::: Provided records :::

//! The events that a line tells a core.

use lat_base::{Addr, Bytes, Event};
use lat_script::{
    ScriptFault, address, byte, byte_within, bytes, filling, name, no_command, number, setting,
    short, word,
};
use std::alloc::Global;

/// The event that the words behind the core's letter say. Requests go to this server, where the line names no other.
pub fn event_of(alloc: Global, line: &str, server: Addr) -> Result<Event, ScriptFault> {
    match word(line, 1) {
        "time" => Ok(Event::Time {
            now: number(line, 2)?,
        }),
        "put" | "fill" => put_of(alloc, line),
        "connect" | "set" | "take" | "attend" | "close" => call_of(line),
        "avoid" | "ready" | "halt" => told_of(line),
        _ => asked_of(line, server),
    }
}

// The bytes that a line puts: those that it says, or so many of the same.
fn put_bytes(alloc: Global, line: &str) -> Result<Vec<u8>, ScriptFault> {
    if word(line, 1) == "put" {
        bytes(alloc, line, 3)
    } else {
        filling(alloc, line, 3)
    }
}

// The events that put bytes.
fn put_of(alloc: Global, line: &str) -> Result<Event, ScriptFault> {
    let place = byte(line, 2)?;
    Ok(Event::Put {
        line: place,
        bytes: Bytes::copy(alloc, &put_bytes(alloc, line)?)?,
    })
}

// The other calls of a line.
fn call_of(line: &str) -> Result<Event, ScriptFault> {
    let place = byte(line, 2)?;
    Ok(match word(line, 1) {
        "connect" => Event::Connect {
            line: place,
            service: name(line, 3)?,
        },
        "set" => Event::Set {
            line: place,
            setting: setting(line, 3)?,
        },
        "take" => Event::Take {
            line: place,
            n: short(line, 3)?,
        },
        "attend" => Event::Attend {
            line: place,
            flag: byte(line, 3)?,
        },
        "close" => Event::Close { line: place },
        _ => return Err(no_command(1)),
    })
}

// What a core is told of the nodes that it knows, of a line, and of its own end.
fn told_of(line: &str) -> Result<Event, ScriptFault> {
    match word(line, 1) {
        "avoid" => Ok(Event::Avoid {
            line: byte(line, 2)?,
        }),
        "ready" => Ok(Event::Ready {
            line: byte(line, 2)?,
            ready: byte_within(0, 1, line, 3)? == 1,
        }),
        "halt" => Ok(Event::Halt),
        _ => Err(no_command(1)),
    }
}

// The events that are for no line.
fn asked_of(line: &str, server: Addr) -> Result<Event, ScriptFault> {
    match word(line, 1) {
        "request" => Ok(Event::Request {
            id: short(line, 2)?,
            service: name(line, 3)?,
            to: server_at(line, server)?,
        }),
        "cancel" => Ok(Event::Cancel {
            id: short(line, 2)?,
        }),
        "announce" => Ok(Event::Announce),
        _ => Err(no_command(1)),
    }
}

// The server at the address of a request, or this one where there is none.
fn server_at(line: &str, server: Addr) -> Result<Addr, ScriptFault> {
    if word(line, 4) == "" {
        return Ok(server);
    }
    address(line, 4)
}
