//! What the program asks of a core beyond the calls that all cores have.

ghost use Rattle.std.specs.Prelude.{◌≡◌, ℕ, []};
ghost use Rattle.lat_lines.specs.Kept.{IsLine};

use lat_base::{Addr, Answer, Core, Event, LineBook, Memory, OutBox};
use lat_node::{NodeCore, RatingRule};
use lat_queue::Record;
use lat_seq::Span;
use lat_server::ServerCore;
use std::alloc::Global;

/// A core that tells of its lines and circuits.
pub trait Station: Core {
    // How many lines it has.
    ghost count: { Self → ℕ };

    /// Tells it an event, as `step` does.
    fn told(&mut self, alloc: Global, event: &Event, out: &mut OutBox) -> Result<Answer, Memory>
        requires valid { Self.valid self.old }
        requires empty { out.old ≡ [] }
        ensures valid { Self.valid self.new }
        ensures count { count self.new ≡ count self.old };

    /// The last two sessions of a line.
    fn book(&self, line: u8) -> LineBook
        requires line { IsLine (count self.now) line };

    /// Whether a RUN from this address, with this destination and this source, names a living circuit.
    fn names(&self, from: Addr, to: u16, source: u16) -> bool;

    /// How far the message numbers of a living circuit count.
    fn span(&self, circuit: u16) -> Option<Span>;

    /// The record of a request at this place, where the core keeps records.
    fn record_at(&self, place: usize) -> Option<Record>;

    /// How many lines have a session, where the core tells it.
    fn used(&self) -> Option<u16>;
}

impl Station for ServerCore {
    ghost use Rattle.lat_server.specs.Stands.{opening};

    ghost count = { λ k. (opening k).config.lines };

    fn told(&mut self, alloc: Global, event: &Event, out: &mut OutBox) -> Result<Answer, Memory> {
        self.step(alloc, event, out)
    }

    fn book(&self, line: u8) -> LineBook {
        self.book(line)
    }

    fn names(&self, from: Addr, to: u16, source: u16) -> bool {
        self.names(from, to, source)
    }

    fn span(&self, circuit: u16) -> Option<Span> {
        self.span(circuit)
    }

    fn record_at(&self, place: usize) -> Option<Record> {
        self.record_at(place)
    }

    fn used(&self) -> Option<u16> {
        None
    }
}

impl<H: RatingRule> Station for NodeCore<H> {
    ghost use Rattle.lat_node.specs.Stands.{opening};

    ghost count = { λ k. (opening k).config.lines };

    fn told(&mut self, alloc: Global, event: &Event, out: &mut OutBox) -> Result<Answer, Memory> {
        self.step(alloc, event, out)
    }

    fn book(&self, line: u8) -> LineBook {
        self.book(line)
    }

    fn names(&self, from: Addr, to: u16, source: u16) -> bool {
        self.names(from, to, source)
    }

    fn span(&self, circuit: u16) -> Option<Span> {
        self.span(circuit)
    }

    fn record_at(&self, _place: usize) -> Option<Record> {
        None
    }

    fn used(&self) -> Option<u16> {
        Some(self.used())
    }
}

:::
::: Provided records :::

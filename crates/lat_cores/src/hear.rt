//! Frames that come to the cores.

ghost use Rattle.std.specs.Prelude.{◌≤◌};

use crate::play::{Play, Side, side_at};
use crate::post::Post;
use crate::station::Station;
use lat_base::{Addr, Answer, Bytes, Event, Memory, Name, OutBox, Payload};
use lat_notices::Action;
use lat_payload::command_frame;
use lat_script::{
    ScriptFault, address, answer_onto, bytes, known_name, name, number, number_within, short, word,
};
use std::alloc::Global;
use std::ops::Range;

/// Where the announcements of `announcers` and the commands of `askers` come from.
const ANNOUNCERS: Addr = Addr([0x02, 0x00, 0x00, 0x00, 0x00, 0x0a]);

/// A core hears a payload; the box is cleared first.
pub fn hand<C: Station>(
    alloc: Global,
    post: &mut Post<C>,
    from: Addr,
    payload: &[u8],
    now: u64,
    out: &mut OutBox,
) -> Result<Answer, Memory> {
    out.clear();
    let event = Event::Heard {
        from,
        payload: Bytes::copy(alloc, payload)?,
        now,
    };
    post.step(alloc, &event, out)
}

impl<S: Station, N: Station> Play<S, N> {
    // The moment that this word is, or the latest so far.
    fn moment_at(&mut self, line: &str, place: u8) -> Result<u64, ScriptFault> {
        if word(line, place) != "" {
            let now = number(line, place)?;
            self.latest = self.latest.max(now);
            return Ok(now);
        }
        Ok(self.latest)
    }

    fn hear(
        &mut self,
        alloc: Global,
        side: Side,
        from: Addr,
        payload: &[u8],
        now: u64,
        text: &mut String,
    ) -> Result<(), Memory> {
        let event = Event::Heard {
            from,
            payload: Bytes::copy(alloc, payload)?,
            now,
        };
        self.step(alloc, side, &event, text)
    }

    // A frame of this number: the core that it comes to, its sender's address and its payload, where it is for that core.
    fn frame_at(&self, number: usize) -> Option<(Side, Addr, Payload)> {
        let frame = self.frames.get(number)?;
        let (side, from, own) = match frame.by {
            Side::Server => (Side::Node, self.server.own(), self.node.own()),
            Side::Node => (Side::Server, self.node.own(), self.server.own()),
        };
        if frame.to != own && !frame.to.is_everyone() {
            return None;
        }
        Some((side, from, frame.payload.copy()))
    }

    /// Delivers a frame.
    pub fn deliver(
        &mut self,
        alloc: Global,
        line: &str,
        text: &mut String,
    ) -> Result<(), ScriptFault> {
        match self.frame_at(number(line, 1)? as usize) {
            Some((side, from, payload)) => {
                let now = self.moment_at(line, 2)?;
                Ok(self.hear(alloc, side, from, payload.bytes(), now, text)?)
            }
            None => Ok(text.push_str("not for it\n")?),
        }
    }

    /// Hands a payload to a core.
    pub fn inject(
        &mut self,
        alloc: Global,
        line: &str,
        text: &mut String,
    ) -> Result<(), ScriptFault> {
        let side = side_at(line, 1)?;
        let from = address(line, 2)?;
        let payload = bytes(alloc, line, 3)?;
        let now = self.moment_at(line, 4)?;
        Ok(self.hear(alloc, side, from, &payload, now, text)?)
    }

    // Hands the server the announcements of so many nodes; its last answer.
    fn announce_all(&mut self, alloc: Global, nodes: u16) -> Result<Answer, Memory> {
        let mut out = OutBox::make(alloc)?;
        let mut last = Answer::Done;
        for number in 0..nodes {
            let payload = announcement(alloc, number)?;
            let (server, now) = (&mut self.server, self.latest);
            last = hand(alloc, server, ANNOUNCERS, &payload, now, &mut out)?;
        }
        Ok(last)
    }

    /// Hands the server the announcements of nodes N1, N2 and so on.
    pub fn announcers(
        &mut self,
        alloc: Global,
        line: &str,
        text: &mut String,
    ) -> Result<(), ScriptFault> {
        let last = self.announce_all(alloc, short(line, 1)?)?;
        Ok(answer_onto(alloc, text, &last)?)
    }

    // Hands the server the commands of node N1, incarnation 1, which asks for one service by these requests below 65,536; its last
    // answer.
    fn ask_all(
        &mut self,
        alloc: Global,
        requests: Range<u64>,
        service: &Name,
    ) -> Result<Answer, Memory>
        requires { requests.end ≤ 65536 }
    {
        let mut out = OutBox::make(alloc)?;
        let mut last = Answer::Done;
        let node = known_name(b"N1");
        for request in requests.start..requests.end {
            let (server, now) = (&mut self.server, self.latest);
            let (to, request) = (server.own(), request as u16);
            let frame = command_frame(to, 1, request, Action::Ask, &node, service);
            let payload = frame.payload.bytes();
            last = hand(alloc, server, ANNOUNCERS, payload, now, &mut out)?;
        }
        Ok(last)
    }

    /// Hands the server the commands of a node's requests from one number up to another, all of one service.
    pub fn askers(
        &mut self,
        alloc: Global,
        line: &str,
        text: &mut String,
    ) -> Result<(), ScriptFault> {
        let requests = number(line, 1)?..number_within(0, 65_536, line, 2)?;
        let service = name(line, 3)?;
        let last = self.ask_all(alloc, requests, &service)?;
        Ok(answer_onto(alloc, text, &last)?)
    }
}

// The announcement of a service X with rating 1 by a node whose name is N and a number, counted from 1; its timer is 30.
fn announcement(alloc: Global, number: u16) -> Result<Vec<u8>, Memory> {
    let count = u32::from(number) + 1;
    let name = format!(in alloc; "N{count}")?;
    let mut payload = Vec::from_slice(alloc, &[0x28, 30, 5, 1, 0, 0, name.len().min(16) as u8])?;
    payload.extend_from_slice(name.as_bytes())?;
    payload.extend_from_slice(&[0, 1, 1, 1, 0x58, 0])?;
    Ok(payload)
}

:::

§ **What the task requires**
What is needed is a verbatim copy of every line in the records above from the one containing "tells a core." down to the one containing "that put bytes.", both included, and nothing more.

§ **Solved problem**
//! The events that a line tells a core.

use lat_base::{Addr, Bytes, Event};
use lat_script::{
    ScriptFault, address, byte, byte_within, bytes, filling, name, no_command, number, setting,
    short, word,
};
use std::alloc::Global;

/// The event that the words behind the core's letter say. Requests go to this server, where the line names no other.
pub fn event_of(alloc: Global, line: &str, server: Addr) -> Result<Event, ScriptFault> {
    match word(line, 1) {
        "time" => Ok(Event::Time {
            now: number(line, 2)?,
        }),
        "put" | "fill" => put_of(alloc, line),
        "connect" | "set" | "take" | "attend" | "close" => call_of(line),
        "avoid" | "ready" | "halt" => told_of(line),
        _ => asked_of(line, server),
    }
}

// The bytes that a line puts: those that it says, or so many of the same.
fn put_bytes(alloc: Global, line: &str) -> Result<Vec<u8>, ScriptFault> {
    if word(line, 1) == "put" {
        bytes(alloc, line, 3)
    } else {
        filling(alloc, line, 3)
    }
}

// The events that put bytes.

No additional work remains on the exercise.